EXERCISE REQUIREMENTS
Word for word, restate the lines of the material below from its first line through the one containing "directories aren't packed.". Omit the rest.

--------

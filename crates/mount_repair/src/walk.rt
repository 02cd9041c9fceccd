//! The data sets of a pack walked: what each is, and which directories aren't packed.
ghost use Rattle.std.specs.Prelude.{◌≡◌, ◌<◌, ◌⊎◌, ◌++◌, ◌∷◌, [], true, is_some, slice_get, vec_len, IfErr, IfOk, IsErrOf, IsTrue, OnOk, Some};
ghost use Rattle.dscb_codec.specs.declared.F1.{F1};
ghost use Rattle.hall_core.specs.Told.{ImageHas};
ghost use Rattle.stop_model.specs.Moments.{Same};
ghost use Rattle.vtoc_index.specs.Calls.{MountCall};
ghost use Rattle.vtoc_index.specs.Index.{IsMounted, IsOfUnit};
ghost use Rattle.vtoc_index.specs.Names.{AreByName, name_at};
ghost use Rattle.vol_model.specs.Reading.{kind_of};
ghost use Rattle.pds_directory.specs.Directories.{IsLawfulDir, IsPartIn};
ghost use Rattle.seq_access.specs.Bodies.{IsSetIn, part_in};
ghost use Rattle.mount_repair.specs.Scans.{AreSound};
ghost use Rattle.mount_repair.specs.Sets.{body_at};
ghost use Rattle.mount_repair.specs.Walks.{Holds, HoldsFrom, IsKindUnread, IsKindWalked, IsWalkOf, Notes, NotesSet, WalksSet};

use crate::library::{Library, library_of};
use crate::scanned::Unpacked;
use dscb_codec::{Dscb, F1};
use ebcdic_names::Dsn;
use hall_core::Hall;
use pds_directory::{Dir, is_packed, walk_dir};
use seq_access::{check_part_records, check_records};
use std::alloc::Global;
use stow_ops::packing;
use vol_model::{CheckErr, Kind, ReadErr};
use vtoc_index::{MountErr, Vol};
use vtoc_sets::{BodyKind, body_kind, track_at};

// What a walk over the data sets of a pack noted: the name and the kind of each, and the directories, packed or not.
#[derive(Drop)]
pub(crate) struct Walk {
    pub(crate) volume: Vec<(Dsn, Kind)>,
    pub(crate) libraries: Vec<Library>,
    pub(crate) unpacked: Vec<Unpacked>,
}

// Walks the data sets of a pack in the order of their names. Nothing is written.
pub(crate) fn walk_sets<H: Hall>(
    alloc: Global,
    hall: &mut H,
    vol: &mut Vol,
) -> Result<Walk, MountErr>
    requires unit { IsOfUnit (H.facts hall.old).units vol.old }
    requires names { AreByName (name_at vol.old.slots.items) vol.old.by_name.items }
    requires mounted { ImageHas H.Hall hall.old vol.old.unit (λ image. IsMounted image vol.old) }
    ensures walk { ImageHas H.Hall hall.old vol.old.unit (λ image.
        IfOk result (IsWalkOf image vol.old)) }
    ensures sound { IfOk result (λ walk. AreSound vol.old.slots.items walk.unpacked.items) }
    ensures mounted { ImageHas H.Hall hall.old vol.old.unit (λ image. IsMounted image vol.new) }
    ensures others { vol.new ≡ record vol.old { buf = vol.new.buf } }
    ensures unit { IsOfUnit (H.facts hall.new).units vol.new }
    ensures why { IfErr result (λ e. (e ≡ MountErr.Memory) ⊎ (e ≡ MountErr.Device)) }
    ensures same { IsTrue H.tells → Same (H.meaning hall.old) (H.meaning hall.new) }
    ensures faults { MountCall (H.facts hall.old) (H.facts hall.new) result }
{
    let mut walk = Walk {
        volume: Vec::new(alloc),
        libraries: Vec::new(alloc),
        unpacked: Vec::new(alloc),
    };
    for k in 0..vol.by_name.len() {
        let slot = slot_at(vol, k);
        walk_set(alloc, hall, vol, slot, &mut walk)?;
    }
    Ok(walk)
}

// The slot of the k-th data set in the order of their names.
fn slot_at(vol: &Vol, k: usize) -> u32
    requires { k < vec_len vol.now.by_name }
    ensures { slice_get vol.now.by_name.items k ≡ Some result }
{
    vol.by_name[k]
}

// Walks the data set whose format 1 a slot holds.
fn walk_set<H: Hall>(
    alloc: Global,
    hall: &mut H,
    vol: &mut Vol,
    slot: u32,
    walk: &mut Walk,
) -> Result<(), MountErr>
    requires unit { IsOfUnit (H.facts hall.old).units vol.old }
    requires set { is_some (name_at vol.old.slots.items slot) ≡ true }
    requires mounted { ImageHas H.Hall hall.old vol.old.unit (λ image. IsMounted image vol.old) }
    ensures walk { ImageHas H.Hall hall.old vol.old.unit (λ image.
        (f : F1) → slice_get vol.old.slots.items slot ≡ Some (Dscb.F1 f)
        → OnOk result (WalksSet image vol.old slot f walk.old walk.new)) }
    ensures sound { AreSound vol.old.slots.items walk.old.unpacked.items
        → OnOk result (AreSound vol.old.slots.items walk.new.unpacked.items) }
    ensures mounted { ImageHas H.Hall hall.old vol.old.unit (λ image. IsMounted image vol.new) }
    ensures others { vol.new ≡ record vol.old { buf = vol.new.buf } }
    ensures unit { IsOfUnit (H.facts hall.new).units vol.new }
    ensures why { IfErr result (λ e. (e ≡ MountErr.Memory) ⊎ (e ≡ MountErr.Device)) }
    ensures same { IsTrue H.tells → Same (H.meaning hall.old) (H.meaning hall.new) }
    ensures faults { MountCall (H.facts hall.old) (H.facts hall.new) result }
{
    let set = set_at(vol, slot);
    let kind = walk_body(alloc, hall, vol, slot, &set, walk)?;
    list(&mut walk.volume, &set, kind)
}

// The format 1 in a slot.
fn set_at(vol: &Vol, slot: u32) -> F1
    requires { is_some (name_at vol.now.slots.items slot) ≡ true }
    ensures { slice_get vol.now.slots.items slot ≡ Some (Dscb.F1 result) }
{
    match &vol.slots[slot as usize] {
        Dscb::F1(set) => *set,
        _ => unreachable!(),
    }
}

// Puts the name and the kind of a data set after the others.
fn list(volume: &mut Vec<(Dsn, Kind)>, set: &F1, kind: Kind) -> Result<(), MountErr>
    ensures done { OnOk result (volume.new.items
        ≡ volume.old.items ++ (record { bytes = set.now.name }, kind) ∷ []) }
    ensures memory { IfErr result (λ e. e ≡ MountErr.Memory) }
{
    match volume.push((Dsn { bytes: set.name }, kind)) {
        Ok(()) => Ok(()),
        Err(_) => Err(MountErr::Memory),
    }
}

// Walks a data set by its format 1, which stands in this slot, and gives the kind of its body.
fn walk_body<H: Hall>(
    alloc: Global,
    hall: &mut H,
    vol: &mut Vol,
    slot: u32,
    set: &F1,
    walk: &mut Walk,
) -> Result<Kind, MountErr>
    requires unit { IsOfUnit (H.facts hall.old).units vol.old }
    requires slot { slice_get vol.old.slots.items slot ≡ Some (Dscb.F1 set.now) }
    requires set { ImageHas H.Hall hall.old vol.old.unit (λ image. IsSetIn image vol.old set.now) }
    ensures kind { ImageHas H.Hall hall.old vol.old.unit (λ image.
        IfOk result (λ kind. kind ≡ kind_of (body_at image vol.old set.now))) }
    ensures notes { NotesSet H.Hall hall.old vol.old slot set.now walk.old walk.new result }
    ensures mounted { ImageHas H.Hall hall.old vol.old.unit (λ image. IsMounted image vol.new) }
    ensures others { vol.new ≡ record vol.old { buf = vol.new.buf } }
    ensures unit { IsOfUnit (H.facts hall.new).units vol.new }
    ensures why { IfErr result (λ e. (e ≡ MountErr.Memory) ⊎ (e ≡ MountErr.Device)) }
    ensures same { IsTrue H.tells → Same (H.meaning hall.old) (H.meaning hall.new) }
    ensures faults { MountCall (H.facts hall.old) (H.facts hall.new) result }
{
    match body_kind(set) {
        BodyKind::Seq => kind_walked(Kind::Seq, check_records(hall, vol, set)),
        BodyKind::Part => walk_part(alloc, hall, vol, slot, set, walk),
        BodyKind::Catalog => Ok(Kind::Unreadable(0)),
        BodyKind::Other => Ok(Kind::Other),
    }
}

// The kind of a body, by the walk over its records.
fn kind_walked(kind: Kind, walked: Result<(), CheckErr>) -> Result<Kind, MountErr>
    ensures { IsKindWalked kind walked result }
{
    match walked {
        Ok(()) => Ok(kind),
        Err(CheckErr::Unreadable(track)) => Ok(Kind::Unreadable(track)),
        Err(CheckErr::Device) => Err(MountErr::Device),
    }
}

// Walks a partitioned data set by its format 1, which stands in this slot: its directory, and then all its records.
fn walk_part<H: Hall>(
    alloc: Global,
    hall: &mut H,
    vol: &mut Vol,
    slot: u32,
    set: &F1,
    walk: &mut Walk,
) -> Result<Kind, MountErr>
    requires unit { IsOfUnit (H.facts hall.old).units vol.old }
    requires slot { slice_get vol.old.slots.items slot ≡ Some (Dscb.F1 set.now) }
    requires part { ImageHas H.Hall hall.old vol.old.unit (λ image.
        IsPartIn image vol.old set.now) }
    ensures kind { ImageHas H.Hall hall.old vol.old.unit (λ image.
        IfOk result (λ kind. kind ≡ kind_of (part_in image vol.old set.now))) }
    ensures notes { NotesSet H.Hall hall.old vol.old slot set.now walk.old walk.new result }
    ensures mounted { ImageHas H.Hall hall.old vol.old.unit (λ image. IsMounted image vol.new) }
    ensures others { vol.new ≡ record vol.old { buf = vol.new.buf } }
    ensures unit { IsOfUnit (H.facts hall.new).units vol.new }
    ensures why { IfErr result (λ e. (e ≡ MountErr.Memory) ⊎ (e ≡ MountErr.Device)) }
    ensures same { IsTrue H.tells → Same (H.meaning hall.old) (H.meaning hall.new) }
    ensures faults { MountCall (H.facts hall.old) (H.facts hall.new) result }
{
    let found = match walk_dir(alloc, hall, vol, slot) {
        Ok(found) => found,
        Err(error) => return unread(error),
    };
    match check_part_records(hall, vol, set, found.dir.end, found.whole) {
        Ok(()) => note(
            alloc,
            slot,
            track_at(vol, set, 0),
            found.dir,
            &mut walk.libraries,
            &mut walk.unpacked,
        ),
        Err(CheckErr::Unreadable(track)) => Ok(Kind::Unreadable(track)),
        Err(CheckErr::Device) => Err(MountErr::Device),
    }
}

// The kind of a body whose directory can't be read.
fn unread(error: ReadErr) -> Result<Kind, MountErr>
    ensures { IsKindUnread error result }
{
    match error {
        ReadErr::Unreadable(track) => Ok(Kind::Unreadable(track)),
        ReadErr::Memory => Err(MountErr::Memory),
        ReadErr::Device => Err(MountErr::Device),
    }
}

// Notes a directory that was read, of the data set that begins on this track: it is kept where it is packed, and else how it
// comes to be packed. The kind is that of its body.
fn note(
    alloc: Global,
    slot: u32,
    start: Option<u16>,
    dir: Dir,
    libraries: &mut Vec<Library>,
    unpacked: &mut Vec<Unpacked>,
) -> Result<Kind, MountErr>
    requires { IsLawfulDir dir }
    ensures kind { IfOk result (λ kind. kind ≡ Kind.Part) }
    ensures noted { OnOk result (Notes slot dir unpacked.old.items unpacked.new.items) }
    ensures held { OnOk result (Holds start dir libraries.old.items libraries.new.items) }
    ensures memory { IfErr result (λ e. e ≡ MountErr.Memory) }
{
    if is_packed(&dir) {
        hold(alloc, start, dir, libraries)?;
        return Ok(Kind::Part);
    }
    let packing = packing(alloc, dir)?;
    add(unpacked, Unpacked { slot, packing })?;
    Ok(Kind::Part)
}

// Keeps the directory of the data set that begins on this track, if it has one.
fn hold(
    alloc: Global,
    start: Option<u16>,
    dir: Dir,
    libraries: &mut Vec<Library>,
) -> Result<(), MountErr>
    requires { IsLawfulDir dir }
    ensures held { OnOk result (HoldsFrom start dir libraries.old.items libraries.new.items) }
    ensures memory { IfErr result (λ e. e ≡ MountErr.Memory) }
{
    let Some(start) = start else {
        return Ok(());
    };
    let library = library_of(alloc, dir, start)?;
    match libraries.push(library) {
        Ok(()) => Ok(()),
        Err(_) => Err(MountErr::Memory),
    }
}

// Puts a directory after the others that aren't packed.
fn add(unpacked: &mut Vec<Unpacked>, dir: Unpacked) -> Result<(), MountErr>
    ensures done { OnOk result (unpacked.new.items ≡ unpacked.old.items ++ dir ∷ []) }
    ensures memory { IfErr result (λ e. e ≡ MountErr.Memory) }
{
    match unpacked.push(dir) {
        Ok(()) => Ok(()),
        Err(_) => Err(MountErr::Memory),
    }
}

--------

WRITTEN RESPONSE
filename crates/mount_repair/src/walk.rt
repository 02cd9041c9fceccd
//! The data sets of a pack walked: what each is, and which directories aren't packed.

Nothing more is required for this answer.